╭──

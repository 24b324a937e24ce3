//! Laws over the definitions, each as a contract.
#![tactic(auto, using(crate::proofs::CallerLemmas::laws))]

ghost use Rattle.niss_cube.specs.AfterTurn.{TurnedIsCube, TurnedBeforeIsCube, AreCoordinates};
ghost use Rattle.niss_cube.specs.Sets.{KeptIsTested, SetsArePlaces, CubesPermutePlaces, KeptIsEqual};
ghost use Rattle.niss_cube.specs.BadPieces.{InverseIsAsBad, BadEdgesAreEven, NoCornerAlone, BadPiecesSeePlaces};
ghost use Rattle.niss_cube.specs.BadPieces.{BadPiecesAreCounted, GoalsByBadPieces};
ghost use Rattle.niss_cube.specs.BadPlaces.{BadPlacesAreCounted, BadPlacesSeePlaces};
ghost use Rattle.niss_cube.specs.StepLaws.{StartIsKept, StartIsKeptBefore, InverseHasSteps, OtherTurnsLeaveStart, StepsSeePlaces, InversesOfSteps};
ghost use Rattle.niss_cube.specs.StepLaws.{ReachedStepsSeePlaces, IdleTurnsLeaveSteps};
ghost use Rattle.niss_cube.specs.Inverses.{CubesAreTakenBack};
ghost use Rattle.niss_cube.specs.Map.{HomeIsTested, HomeSeesPlaces};
ghost use Rattle.niss_cube.specs.StepLaws.{StepTurnsInOrder, StepTurnsAreCounted, DominoKeepsStart, NamesDiffer};

/// A turned cube is a cube.
pub fn turned_is_cube()
    ensures { TurnedIsCube }
{}

/// A cube with a turn before all that made it is a cube.
pub fn turned_before_is_cube()
    ensures { TurnedBeforeIsCube }
{}

/// A cube's map permutes the 54 sticker places.
pub fn cubes_permute_places()
    ensures { CubesPermutePlaces }
{}

/// A set of places that a cube's map keeps is brought to itself: no other place comes into it.
pub fn kept_is_equal()
    ensures { KeptIsEqual }
{}

/// Flips, twists and slices are coordinates on each axis: each rank is some cube's, it is 0 if a set of places is kept,
/// and the rank after a turn follows from the rank alone.
pub fn are_coordinates()
    ensures { AreCoordinates }
{}

/// The test of a set is true exactly if the set is kept.
pub fn kept_is_tested()
    ensures { KeptIsTested }
{}

/// The sets of the coordinates have sticker places only.
pub fn sets_are_places()
    ensures { SetsArePlaces }
{}

/// A step that may start may start after a turn of its own is made before all that made the cube.
pub fn start_is_kept_before()
    ensures { StartIsKeptBefore }
{}

/// A cube and its inverse have the same start and the same goal, for each step.
pub fn inverse_has_steps()
    ensures { InverseHasSteps }
{}

/// Each cube has an inverse.
pub fn cubes_are_taken_back()
    ensures { CubesAreTakenBack }
{}

/// On the inverse of a cube as many edges are flipped, corners twisted and slice edges outside as on the cube.
pub fn inverse_is_as_bad()
    ensures { InverseIsAsBad }
{}

/// Each piece with a sticker that a cube brings out of a coordinate's set is bad, and counted once. None is bad exactly if
/// the cube keeps the set.
pub fn bad_pieces_are_counted()
    ensures { BadPiecesAreCounted }
{}

/// The number of flipped edges is even.
pub fn bad_edges_are_even()
    ensures { BadEdgesAreEven }
{}

/// No cube has one twisted corner.
pub fn no_corner_alone()
    ensures { NoCornerAlone }
{}

/// How many pieces are bad depends on the 54 sticker places alone.
pub fn bad_pieces_see_places()
    ensures { BadPiecesSeePlaces }
{}

/// So many pieces are bad as places have one; of a slice two edges are on the wrong side for each of its own outside it.
pub fn bad_places_are_counted()
    ensures { BadPlacesAreCounted }
{}

/// Which places have a bad piece depends on the 54 sticker places alone.
pub fn bad_places_see_places()
    ensures { BadPlacesSeePlaces }
{}

/// A goal holds of a cube exactly if no piece is bad: for an edge orientation no edge is flipped; for a domino reduction
/// besides that no corner is twisted on its axis, and no edge of its slice is outside.
pub fn goals_by_bad_pieces()
    ensures { GoalsByBadPieces }
{}

/// A step that may start may start after each of its turns too.
pub fn start_is_kept()
    ensures { StartIsKept }
{}

/// A step that may start may not start after a turn that is none of its own.
pub fn other_turns_leave_start()
    ensures { OtherTurnsLeaveStart }
{}

/// Whether a step may start and whether it is reached depends on the 54 sticker places alone.
pub fn steps_see_places()
    ensures { StepsSeePlaces }
{}

/// Which steps are reached depends on the 54 sticker places alone.
pub fn reached_steps_see_places()
    ensures { ReachedStepsSeePlaces }
{}

/// The test of the solved cube's map is true exactly if each of the 54 stickers stands where it began.
pub fn home_is_tested()
    ensures { HomeIsTested }
{}

/// Whether a cube is solved depends on the 54 sticker places alone.
pub fn home_sees_places()
    ensures { HomeSeesPlaces }
{}

/// An idle turn of a step leaves it reached or not, on either side.
pub fn idle_turns_leave_steps()
    ensures { IdleTurnsLeaveSteps }
{}

/// The turns of a step hold their inverses.
pub fn inverses_of_steps()
    ensures { InversesOfSteps }
{}

/// The turns of a step are some of the 18, in turn order.
pub fn step_turns_in_order()
    ensures { StepTurnsInOrder }
{}

/// A step has 18 turns, or 14 if it starts at oriented edges.
pub fn step_turns_are_counted()
    ensures { StepTurnsAreCounted }
{}

/// A step that can reach a domino reduction starts at the oriented edges that this keeps.
pub fn domino_keeps_start()
    ensures { DominoKeepsStart }
{}

/// No two steps have one name.
pub fn names_differ()
    ensures { NamesDiffer }
{}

╰──

■ TASK DESCRIPTION
From the first record to the last, print each one exactly.

■ WRITTEN REPLY
repository 24b324a937e24ce3
//! Laws over the definitions, each as a contract.
#![tactic(auto, using(crate::proofs::CallerLemmas::laws))]

ghost use Rattle.niss_cube.specs.AfterTurn.{TurnedIsCube, TurnedBeforeIsCube, AreCoordinates};
ghost use Rattle.niss_cube.specs.Sets.{KeptIsTested, SetsArePlaces, CubesPermutePlaces, KeptIsEqual};
ghost use Rattle.niss_cube.specs.BadPieces.{InverseIsAsBad, BadEdgesAreEven, NoCornerAlone, BadPiecesSeePlaces};
ghost use Rattle.niss_cube.specs.BadPieces.{BadPiecesAreCounted, GoalsByBadPieces};
ghost use Rattle.niss_cube.specs.BadPlaces.{BadPlacesAreCounted, BadPlacesSeePlaces};
ghost use Rattle.niss_cube.specs.StepLaws.{StartIsKept, StartIsKeptBefore, InverseHasSteps, OtherTurnsLeaveStart, StepsSeePlaces, InversesOfSteps};
ghost use Rattle.niss_cube.specs.StepLaws.{ReachedStepsSeePlaces, IdleTurnsLeaveSteps};
ghost use Rattle.niss_cube.specs.Inverses.{CubesAreTakenBack};
ghost use Rattle.niss_cube.specs.Map.{HomeIsTested, HomeSeesPlaces};
ghost use Rattle.niss_cube.specs.StepLaws.{StepTurnsInOrder, StepTurnsAreCounted, DominoKeepsStart, NamesDiffer};

/// A turned cube is a cube.
pub fn turned_is_cube()
    ensures { TurnedIsCube }
{}

/// A cube with a turn before all that made it is a cube.
pub fn turned_before_is_cube()
    ensures { TurnedBeforeIsCube }
{}

/// A cube's map permutes the 54 sticker places.
pub fn cubes_permute_places()
    ensures { CubesPermutePlaces }
{}

/// A set of places that a cube's map keeps is brought to itself: no other place comes into it.
pub fn kept_is_equal()
    ensures { KeptIsEqual }
{}

/// Flips, twists and slices are coordinates on each axis: each rank is some cube's, it is 0 if a set of places is kept,
/// and the rank after a turn follows from the rank alone.
pub fn are_coordinates()
    ensures { AreCoordinates }
{}

/// The test of a set is true exactly if the set is kept.
pub fn kept_is_tested()
    ensures { KeptIsTested }
{}

/// The sets of the coordinates have sticker places only.
pub fn sets_are_places()
    ensures { SetsArePlaces }
{}

/// A step that may start may start after a turn of its own is made before all that made the cube.
pub fn start_is_kept_before()
    ensures { StartIsKeptBefore }
{}

/// A cube and its inverse have the same start and the same goal, for each step.
pub fn inverse_has_steps()
    ensures { InverseHasSteps }
{}

/// Each cube has an inverse.
pub fn cubes_are_taken_back()
    ensures { CubesAreTakenBack }
{}

/// On the inverse of a cube as many edges are flipped, corners twisted and slice edges outside as on the cube.
pub fn inverse_is_as_bad()
    ensures { InverseIsAsBad }
{}

/// Each piece with a sticker that a cube brings out of a coordinate's set is bad, and counted once. None is bad exactly if
/// the cube keeps the set.
pub fn bad_pieces_are_counted()
    ensures { BadPiecesAreCounted }
{}

/// The number of flipped edges is even.
pub fn bad_edges_are_even()
    ensures { BadEdgesAreEven }
{}

/// No cube has one twisted corner.
pub fn no_corner_alone()
    ensures { NoCornerAlone }
{}

/// How many pieces are bad depends on the 54 sticker places alone.
pub fn bad_pieces_see_places()
    ensures { BadPiecesSeePlaces }
{}

/// So many pieces are bad as places have one; of a slice two edges are on the wrong side for each of its own outside it.
pub fn bad_places_are_counted()
    ensures { BadPlacesAreCounted }
{}

/// Which places have a bad piece depends on the 54 sticker places alone.
pub fn bad_places_see_places()
    ensures { BadPlacesSeePlaces }
{}

/// A goal holds of a cube exactly if no piece is bad: for an edge orientation no edge is flipped; for a domino reduction
/// besides that no corner is twisted on its axis, and no edge of its slice is outside.
pub fn goals_by_bad_pieces()
    ensures { GoalsByBadPieces }
{}

/// A step that may start may start after each of its turns too.
pub fn start_is_kept()
    ensures { StartIsKept }
{}

/// A step that may start may not start after a turn that is none of its own.
pub fn other_turns_leave_start()
    ensures { OtherTurnsLeaveStart }
{}

/// Whether a step may start and whether it is reached depends on the 54 sticker places alone.
pub fn steps_see_places()
    ensures { StepsSeePlaces }
{}

/// Which steps are reached depends on the 54 sticker places alone.
pub fn reached_steps_see_places()
    ensures { ReachedStepsSeePlaces }
{}

/// The test of the solved cube's map is true exactly if each of the 54 stickers stands where it began.
pub fn home_is_tested()
    ensures { HomeIsTested }
{}

/// Whether a cube is solved depends on the 54 sticker places alone.
pub fn home_sees_places()
    ensures { HomeSeesPlaces }
{}

/// An idle turn of a step leaves it reached or not, on either side.
pub fn idle_turns_leave_steps()
    ensures { IdleTurnsLeaveSteps }
{}

/// The turns of a step hold their inverses.
pub fn inverses_of_steps()
    ensures { InversesOfSteps }
{}

/// The turns of a step are some of the 18, in turn order.
pub fn step_turns_in_order()
    ensures { StepTurnsInOrder }
{}

/// A step has 18 turns, or 14 if it starts at oriented edges.
pub fn step_turns_are_counted()
    ensures { StepTurnsAreCounted }
{}

/// A step that can reach a domino reduction starts at the oriented edges that this keeps.
pub fn domino_keeps_start()
    ensures { DominoKeepsStart }
{}

/// No two steps have one name.
pub fn names_differ()
    ensures { NamesDiffer }
{}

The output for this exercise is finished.